Entries taken from a collection:
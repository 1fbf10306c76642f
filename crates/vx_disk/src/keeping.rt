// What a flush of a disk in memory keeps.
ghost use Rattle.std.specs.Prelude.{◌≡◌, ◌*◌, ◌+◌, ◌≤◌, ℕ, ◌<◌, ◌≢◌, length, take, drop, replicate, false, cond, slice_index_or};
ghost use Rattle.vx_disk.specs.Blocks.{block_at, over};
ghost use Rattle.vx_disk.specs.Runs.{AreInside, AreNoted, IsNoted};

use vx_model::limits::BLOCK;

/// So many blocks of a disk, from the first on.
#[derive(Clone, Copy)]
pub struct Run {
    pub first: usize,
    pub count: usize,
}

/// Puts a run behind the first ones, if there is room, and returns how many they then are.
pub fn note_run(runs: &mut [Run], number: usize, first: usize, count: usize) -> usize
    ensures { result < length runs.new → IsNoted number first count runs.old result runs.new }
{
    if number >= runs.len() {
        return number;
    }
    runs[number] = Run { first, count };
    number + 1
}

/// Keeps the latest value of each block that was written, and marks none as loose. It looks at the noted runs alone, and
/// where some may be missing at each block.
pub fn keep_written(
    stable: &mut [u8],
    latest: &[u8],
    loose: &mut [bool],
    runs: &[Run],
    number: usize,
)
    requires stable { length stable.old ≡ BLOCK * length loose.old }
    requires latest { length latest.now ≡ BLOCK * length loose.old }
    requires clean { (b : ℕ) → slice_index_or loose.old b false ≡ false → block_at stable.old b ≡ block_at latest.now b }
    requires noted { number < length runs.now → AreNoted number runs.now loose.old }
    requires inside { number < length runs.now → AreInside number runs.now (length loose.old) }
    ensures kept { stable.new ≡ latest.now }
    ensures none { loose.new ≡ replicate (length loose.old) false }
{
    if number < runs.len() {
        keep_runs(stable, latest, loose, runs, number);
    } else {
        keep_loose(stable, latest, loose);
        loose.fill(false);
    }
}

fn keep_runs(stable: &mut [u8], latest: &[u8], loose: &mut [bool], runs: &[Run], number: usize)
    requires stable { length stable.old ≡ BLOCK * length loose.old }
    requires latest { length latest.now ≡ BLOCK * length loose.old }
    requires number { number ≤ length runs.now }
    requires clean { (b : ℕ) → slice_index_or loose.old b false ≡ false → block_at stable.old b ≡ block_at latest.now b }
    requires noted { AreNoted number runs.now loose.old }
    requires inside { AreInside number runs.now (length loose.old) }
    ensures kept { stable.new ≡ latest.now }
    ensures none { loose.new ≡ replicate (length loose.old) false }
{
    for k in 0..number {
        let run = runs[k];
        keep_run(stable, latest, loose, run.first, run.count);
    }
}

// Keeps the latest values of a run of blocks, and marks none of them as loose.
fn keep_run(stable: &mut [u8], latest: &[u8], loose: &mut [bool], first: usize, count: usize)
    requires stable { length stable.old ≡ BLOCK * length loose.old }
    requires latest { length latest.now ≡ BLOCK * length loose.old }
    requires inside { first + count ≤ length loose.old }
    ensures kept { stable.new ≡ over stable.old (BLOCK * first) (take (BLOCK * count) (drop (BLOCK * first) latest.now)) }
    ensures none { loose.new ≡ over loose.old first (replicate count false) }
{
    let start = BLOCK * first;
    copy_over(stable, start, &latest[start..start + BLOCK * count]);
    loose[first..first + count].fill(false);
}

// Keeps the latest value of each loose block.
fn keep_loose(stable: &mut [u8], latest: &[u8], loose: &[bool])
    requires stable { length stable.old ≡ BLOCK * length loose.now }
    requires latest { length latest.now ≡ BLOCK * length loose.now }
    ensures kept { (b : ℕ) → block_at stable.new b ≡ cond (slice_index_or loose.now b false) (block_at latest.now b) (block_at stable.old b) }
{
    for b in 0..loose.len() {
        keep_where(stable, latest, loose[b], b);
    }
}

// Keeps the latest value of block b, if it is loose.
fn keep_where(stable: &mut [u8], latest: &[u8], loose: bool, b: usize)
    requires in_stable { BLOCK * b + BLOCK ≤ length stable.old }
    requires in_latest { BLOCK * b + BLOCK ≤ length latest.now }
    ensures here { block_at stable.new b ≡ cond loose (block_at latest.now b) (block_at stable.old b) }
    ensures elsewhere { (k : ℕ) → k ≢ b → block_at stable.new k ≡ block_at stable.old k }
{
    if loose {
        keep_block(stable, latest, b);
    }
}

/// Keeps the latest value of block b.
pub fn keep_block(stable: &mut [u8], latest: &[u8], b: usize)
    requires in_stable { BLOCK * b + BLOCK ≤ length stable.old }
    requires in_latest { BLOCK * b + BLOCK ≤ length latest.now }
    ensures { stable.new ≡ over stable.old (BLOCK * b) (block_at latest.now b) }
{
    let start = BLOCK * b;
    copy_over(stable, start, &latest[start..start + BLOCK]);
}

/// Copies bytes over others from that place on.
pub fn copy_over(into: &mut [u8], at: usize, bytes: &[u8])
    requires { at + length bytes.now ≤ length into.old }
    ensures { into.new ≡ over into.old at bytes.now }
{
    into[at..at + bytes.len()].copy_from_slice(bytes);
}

** TASK INSTRUCTIONS **
In the entries above, please find the line with "result < length" and the line with "fn keep_run(stable: &mut", then write out exactly those two lines and every line between them, and nothing more.

** YOUR RESPONSE **
    ensures { result < length runs.new → IsNoted number first count runs.old result runs.new }
{
    if number >= runs.len() {
        return number;
    }
    runs[number] = Run { first, count };
    number + 1
}

/// Keeps the latest value of each block that was written, and marks none as loose. It looks at the noted runs alone, and
/// where some may be missing at each block.
pub fn keep_written(
    stable: &mut [u8],
    latest: &[u8],
    loose: &mut [bool],
    runs: &[Run],
    number: usize,
)
    requires stable { length stable.old ≡ BLOCK * length loose.old }
    requires latest { length latest.now ≡ BLOCK * length loose.old }
    requires clean { (b : ℕ) → slice_index_or loose.old b false ≡ false → block_at stable.old b ≡ block_at latest.now b }
    requires noted { number < length runs.now → AreNoted number runs.now loose.old }
    requires inside { number < length runs.now → AreInside number runs.now (length loose.old) }
    ensures kept { stable.new ≡ latest.now }
    ensures none { loose.new ≡ replicate (length loose.old) false }
{
    if number < runs.len() {
        keep_runs(stable, latest, loose, runs, number);
    } else {
        keep_loose(stable, latest, loose);
        loose.fill(false);
    }
}

fn keep_runs(stable: &mut [u8], latest: &[u8], loose: &mut [bool], runs: &[Run], number: usize)
    requires stable { length stable.old ≡ BLOCK * length loose.old }
    requires latest { length latest.now ≡ BLOCK * length loose.old }
    requires number { number ≤ length runs.now }
    requires clean { (b : ℕ) → slice_index_or loose.old b false ≡ false → block_at stable.old b ≡ block_at latest.now b }
    requires noted { AreNoted number runs.now loose.old }
    requires inside { AreInside number runs.now (length loose.old) }
    ensures kept { stable.new ≡ latest.now }
    ensures none { loose.new ≡ replicate (length loose.old) false }
{
    for k in 0..number {
        let run = runs[k];
        keep_run(stable, latest, loose, run.first, run.count);
    }
}

// Keeps the latest values of a run of blocks, and marks none of them as loose.
fn keep_run(stable: &mut [u8], latest: &[u8], loose: &mut [bool], first: usize, count: usize)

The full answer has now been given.